Nothing below is to be printed except the lines between the line holding "costs a proof." and the line holding "let said = if lock.acquire(rt, alloc, client, name)?", inclusive, each exactly as it appears.

___

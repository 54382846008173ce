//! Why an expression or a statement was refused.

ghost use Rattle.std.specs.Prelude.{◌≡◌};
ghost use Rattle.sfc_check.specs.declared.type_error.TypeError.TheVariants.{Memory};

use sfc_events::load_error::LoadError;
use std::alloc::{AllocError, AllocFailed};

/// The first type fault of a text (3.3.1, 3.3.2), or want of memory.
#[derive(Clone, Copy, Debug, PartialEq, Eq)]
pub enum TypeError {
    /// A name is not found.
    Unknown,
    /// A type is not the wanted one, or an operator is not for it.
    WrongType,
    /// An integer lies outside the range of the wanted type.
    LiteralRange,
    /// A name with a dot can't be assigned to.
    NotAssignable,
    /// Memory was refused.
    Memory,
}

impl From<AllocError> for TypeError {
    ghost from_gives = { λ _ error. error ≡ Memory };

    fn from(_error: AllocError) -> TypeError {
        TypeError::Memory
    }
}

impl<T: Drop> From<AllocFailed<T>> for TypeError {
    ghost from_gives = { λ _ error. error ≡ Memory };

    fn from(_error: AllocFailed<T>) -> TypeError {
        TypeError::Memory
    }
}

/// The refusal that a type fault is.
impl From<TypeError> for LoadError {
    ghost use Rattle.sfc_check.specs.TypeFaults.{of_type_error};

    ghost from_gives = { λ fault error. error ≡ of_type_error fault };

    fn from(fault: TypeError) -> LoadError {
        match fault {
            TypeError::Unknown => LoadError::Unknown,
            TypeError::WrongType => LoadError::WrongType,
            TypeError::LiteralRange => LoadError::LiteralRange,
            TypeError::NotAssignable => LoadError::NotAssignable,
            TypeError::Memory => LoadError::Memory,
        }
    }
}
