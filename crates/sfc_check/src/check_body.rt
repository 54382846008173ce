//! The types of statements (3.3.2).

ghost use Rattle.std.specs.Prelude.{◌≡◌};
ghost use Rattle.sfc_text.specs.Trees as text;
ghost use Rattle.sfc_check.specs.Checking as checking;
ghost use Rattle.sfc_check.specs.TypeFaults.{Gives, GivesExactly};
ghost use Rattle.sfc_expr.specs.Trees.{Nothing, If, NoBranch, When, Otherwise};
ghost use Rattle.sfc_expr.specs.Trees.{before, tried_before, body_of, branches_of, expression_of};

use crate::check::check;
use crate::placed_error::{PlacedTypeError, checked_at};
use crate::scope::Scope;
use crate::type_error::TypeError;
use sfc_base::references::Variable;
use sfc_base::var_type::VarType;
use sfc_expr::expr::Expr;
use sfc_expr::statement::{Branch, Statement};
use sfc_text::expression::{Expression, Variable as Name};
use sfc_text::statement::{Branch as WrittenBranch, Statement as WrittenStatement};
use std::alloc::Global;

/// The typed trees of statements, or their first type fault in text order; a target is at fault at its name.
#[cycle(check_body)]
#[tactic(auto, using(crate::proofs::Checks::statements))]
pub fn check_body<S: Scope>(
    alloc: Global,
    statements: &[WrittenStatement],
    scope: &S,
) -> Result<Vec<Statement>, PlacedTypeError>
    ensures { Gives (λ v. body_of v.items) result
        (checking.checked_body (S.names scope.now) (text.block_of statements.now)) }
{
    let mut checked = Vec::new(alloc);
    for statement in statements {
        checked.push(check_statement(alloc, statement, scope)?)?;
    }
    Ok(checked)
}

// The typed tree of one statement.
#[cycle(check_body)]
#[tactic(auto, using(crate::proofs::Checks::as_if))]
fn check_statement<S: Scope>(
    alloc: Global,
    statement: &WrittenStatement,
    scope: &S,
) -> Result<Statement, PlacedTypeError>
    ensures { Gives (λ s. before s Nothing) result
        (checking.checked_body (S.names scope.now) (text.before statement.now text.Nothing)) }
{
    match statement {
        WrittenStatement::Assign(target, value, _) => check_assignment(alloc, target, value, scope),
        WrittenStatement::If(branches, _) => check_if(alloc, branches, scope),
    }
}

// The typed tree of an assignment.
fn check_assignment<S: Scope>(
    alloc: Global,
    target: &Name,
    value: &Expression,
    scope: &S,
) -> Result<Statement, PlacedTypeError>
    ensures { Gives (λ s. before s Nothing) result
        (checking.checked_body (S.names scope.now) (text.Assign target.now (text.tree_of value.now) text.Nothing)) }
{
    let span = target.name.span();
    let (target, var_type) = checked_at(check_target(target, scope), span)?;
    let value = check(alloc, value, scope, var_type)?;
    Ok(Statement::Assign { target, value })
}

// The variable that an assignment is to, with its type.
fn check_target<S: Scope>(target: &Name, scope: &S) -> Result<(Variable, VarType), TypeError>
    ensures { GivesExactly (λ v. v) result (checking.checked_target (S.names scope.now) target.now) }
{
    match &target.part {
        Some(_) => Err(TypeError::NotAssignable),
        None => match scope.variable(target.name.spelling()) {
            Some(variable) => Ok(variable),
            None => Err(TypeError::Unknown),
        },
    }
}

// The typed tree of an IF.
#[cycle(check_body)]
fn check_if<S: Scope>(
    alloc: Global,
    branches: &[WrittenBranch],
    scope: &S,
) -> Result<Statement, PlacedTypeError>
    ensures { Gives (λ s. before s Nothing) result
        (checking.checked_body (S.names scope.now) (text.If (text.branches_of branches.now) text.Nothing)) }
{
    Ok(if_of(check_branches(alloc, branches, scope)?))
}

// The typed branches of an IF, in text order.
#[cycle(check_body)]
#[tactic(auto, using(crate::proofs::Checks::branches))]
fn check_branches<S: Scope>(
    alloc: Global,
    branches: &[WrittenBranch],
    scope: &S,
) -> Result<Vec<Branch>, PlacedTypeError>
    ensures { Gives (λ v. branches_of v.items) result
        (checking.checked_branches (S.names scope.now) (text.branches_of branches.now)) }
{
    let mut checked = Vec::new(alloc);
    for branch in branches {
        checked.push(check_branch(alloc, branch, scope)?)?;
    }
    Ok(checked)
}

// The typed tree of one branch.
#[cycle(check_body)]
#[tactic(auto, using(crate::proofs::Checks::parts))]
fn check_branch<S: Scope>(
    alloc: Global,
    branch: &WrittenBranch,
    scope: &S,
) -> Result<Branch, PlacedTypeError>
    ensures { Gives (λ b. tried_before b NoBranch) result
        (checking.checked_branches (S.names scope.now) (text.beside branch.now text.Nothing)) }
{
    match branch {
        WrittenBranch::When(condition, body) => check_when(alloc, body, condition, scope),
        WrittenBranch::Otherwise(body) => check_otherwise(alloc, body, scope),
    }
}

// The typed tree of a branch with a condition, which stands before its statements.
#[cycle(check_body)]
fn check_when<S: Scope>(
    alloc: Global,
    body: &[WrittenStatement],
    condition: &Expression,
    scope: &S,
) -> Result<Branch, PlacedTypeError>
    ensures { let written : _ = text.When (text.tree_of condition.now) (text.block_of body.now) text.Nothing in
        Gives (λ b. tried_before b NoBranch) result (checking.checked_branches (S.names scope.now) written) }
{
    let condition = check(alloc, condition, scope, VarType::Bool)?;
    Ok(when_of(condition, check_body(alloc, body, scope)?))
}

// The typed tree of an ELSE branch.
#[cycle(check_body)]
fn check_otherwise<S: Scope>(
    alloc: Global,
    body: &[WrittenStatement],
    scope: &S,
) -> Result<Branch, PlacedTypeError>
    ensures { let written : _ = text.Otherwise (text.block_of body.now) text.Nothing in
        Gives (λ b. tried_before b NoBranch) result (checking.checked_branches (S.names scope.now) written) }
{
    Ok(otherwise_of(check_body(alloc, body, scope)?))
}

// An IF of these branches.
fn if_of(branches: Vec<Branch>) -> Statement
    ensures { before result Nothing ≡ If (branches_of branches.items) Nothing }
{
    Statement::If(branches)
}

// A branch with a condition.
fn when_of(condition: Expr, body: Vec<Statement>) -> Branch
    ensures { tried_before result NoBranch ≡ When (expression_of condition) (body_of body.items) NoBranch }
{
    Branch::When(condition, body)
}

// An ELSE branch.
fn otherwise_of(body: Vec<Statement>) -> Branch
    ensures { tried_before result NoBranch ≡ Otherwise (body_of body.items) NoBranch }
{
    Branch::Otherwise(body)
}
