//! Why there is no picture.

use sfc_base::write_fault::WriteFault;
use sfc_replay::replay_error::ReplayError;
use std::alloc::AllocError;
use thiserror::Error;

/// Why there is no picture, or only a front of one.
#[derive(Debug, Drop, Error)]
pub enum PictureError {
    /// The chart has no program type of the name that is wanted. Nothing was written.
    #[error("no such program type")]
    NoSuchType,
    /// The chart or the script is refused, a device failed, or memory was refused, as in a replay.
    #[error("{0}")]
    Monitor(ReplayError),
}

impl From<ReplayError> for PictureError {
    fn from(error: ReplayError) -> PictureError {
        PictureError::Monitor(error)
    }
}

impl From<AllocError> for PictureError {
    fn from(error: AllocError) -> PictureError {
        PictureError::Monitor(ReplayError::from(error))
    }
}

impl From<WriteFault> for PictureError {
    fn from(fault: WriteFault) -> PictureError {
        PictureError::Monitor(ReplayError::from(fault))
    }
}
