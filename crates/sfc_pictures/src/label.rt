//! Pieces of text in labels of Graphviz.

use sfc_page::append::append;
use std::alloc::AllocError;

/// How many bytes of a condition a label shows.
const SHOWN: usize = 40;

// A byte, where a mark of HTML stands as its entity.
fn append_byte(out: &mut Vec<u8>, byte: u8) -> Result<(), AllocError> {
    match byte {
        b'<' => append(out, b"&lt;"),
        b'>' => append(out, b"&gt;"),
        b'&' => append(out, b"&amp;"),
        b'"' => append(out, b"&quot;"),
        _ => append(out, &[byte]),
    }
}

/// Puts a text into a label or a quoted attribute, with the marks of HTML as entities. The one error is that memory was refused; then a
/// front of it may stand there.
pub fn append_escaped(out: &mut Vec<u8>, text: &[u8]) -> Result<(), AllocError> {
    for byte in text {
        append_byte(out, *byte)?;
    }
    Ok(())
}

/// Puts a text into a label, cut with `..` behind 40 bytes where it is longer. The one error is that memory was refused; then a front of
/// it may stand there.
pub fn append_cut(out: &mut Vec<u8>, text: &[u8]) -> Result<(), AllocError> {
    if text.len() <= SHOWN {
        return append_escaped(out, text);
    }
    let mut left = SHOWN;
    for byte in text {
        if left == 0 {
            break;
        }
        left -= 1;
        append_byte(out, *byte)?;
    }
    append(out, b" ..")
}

___

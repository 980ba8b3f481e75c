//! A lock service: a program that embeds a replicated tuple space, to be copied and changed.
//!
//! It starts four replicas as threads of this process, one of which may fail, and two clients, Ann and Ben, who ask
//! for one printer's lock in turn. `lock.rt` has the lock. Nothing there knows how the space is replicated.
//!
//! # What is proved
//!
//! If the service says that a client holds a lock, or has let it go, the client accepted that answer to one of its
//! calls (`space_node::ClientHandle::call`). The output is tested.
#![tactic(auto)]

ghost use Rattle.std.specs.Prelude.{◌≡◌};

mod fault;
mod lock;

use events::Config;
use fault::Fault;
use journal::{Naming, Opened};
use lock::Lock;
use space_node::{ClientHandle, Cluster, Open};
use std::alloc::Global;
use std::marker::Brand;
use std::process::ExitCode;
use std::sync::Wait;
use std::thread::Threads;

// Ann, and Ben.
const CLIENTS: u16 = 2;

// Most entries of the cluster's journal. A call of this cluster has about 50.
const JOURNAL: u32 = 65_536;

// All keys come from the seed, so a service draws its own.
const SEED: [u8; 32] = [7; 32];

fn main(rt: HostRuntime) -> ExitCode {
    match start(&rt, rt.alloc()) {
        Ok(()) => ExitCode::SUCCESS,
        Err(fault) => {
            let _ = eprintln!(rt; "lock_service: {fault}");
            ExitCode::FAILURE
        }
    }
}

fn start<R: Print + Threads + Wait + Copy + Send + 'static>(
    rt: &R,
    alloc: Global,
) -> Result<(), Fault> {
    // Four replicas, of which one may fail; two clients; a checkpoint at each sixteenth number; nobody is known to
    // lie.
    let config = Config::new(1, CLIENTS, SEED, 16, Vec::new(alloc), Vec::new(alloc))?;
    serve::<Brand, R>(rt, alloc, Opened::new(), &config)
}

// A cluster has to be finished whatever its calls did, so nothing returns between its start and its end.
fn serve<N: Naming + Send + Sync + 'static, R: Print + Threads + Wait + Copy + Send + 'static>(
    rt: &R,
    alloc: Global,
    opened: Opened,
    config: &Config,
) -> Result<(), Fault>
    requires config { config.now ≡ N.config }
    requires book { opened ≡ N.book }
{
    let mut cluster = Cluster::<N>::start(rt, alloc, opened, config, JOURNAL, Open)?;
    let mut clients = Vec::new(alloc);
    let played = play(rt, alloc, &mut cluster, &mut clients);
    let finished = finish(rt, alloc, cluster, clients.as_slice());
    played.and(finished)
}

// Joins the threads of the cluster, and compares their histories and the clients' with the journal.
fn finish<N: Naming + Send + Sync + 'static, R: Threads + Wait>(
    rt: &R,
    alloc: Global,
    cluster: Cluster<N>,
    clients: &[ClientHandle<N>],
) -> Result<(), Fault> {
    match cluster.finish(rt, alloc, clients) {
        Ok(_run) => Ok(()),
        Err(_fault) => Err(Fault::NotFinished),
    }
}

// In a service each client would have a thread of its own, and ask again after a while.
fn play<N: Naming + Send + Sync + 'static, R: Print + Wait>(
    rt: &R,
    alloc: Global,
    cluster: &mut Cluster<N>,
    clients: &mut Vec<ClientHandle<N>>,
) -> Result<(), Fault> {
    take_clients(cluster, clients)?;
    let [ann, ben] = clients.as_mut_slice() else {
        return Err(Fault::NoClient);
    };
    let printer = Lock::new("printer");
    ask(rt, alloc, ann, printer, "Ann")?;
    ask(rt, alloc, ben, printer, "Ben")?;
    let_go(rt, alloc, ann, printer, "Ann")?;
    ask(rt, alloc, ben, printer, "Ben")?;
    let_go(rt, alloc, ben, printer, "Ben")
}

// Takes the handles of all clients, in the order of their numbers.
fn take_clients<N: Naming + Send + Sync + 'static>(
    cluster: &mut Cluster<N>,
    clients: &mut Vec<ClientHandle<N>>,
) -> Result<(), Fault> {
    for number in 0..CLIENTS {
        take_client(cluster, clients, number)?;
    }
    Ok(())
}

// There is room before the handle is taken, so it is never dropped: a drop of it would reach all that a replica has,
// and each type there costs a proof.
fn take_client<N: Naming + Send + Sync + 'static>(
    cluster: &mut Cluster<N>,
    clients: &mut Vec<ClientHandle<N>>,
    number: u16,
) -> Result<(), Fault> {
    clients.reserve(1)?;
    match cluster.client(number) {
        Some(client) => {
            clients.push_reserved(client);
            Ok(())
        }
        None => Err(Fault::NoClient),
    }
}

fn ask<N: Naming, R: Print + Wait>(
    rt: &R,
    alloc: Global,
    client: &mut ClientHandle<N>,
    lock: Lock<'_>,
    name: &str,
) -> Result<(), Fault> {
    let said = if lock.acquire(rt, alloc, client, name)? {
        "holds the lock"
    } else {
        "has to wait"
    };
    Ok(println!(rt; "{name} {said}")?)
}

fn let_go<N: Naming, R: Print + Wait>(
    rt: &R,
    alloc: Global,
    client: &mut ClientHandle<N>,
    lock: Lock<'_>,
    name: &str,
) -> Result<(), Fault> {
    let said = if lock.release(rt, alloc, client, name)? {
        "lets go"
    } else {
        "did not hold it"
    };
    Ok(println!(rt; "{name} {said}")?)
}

___

__EXERCISE ANSWER__:
// and each type there costs a proof.
fn take_client<N: Naming + Send + Sync + 'static>(
    cluster: &mut Cluster<N>,
    clients: &mut Vec<ClientHandle<N>>,
    number: u16,
) -> Result<(), Fault> {
    clients.reserve(1)?;
    match cluster.client(number) {
        Some(client) => {
            clients.push_reserved(client);
            Ok(())
        }
        None => Err(Fault::NoClient),
    }
}

fn ask<N: Naming, R: Print + Wait>(
    rt: &R,
    alloc: Global,
    client: &mut ClientHandle<N>,
    lock: Lock<'_>,
    name: &str,
) -> Result<(), Fault> {
    let said = if lock.acquire(rt, alloc, client, name)? {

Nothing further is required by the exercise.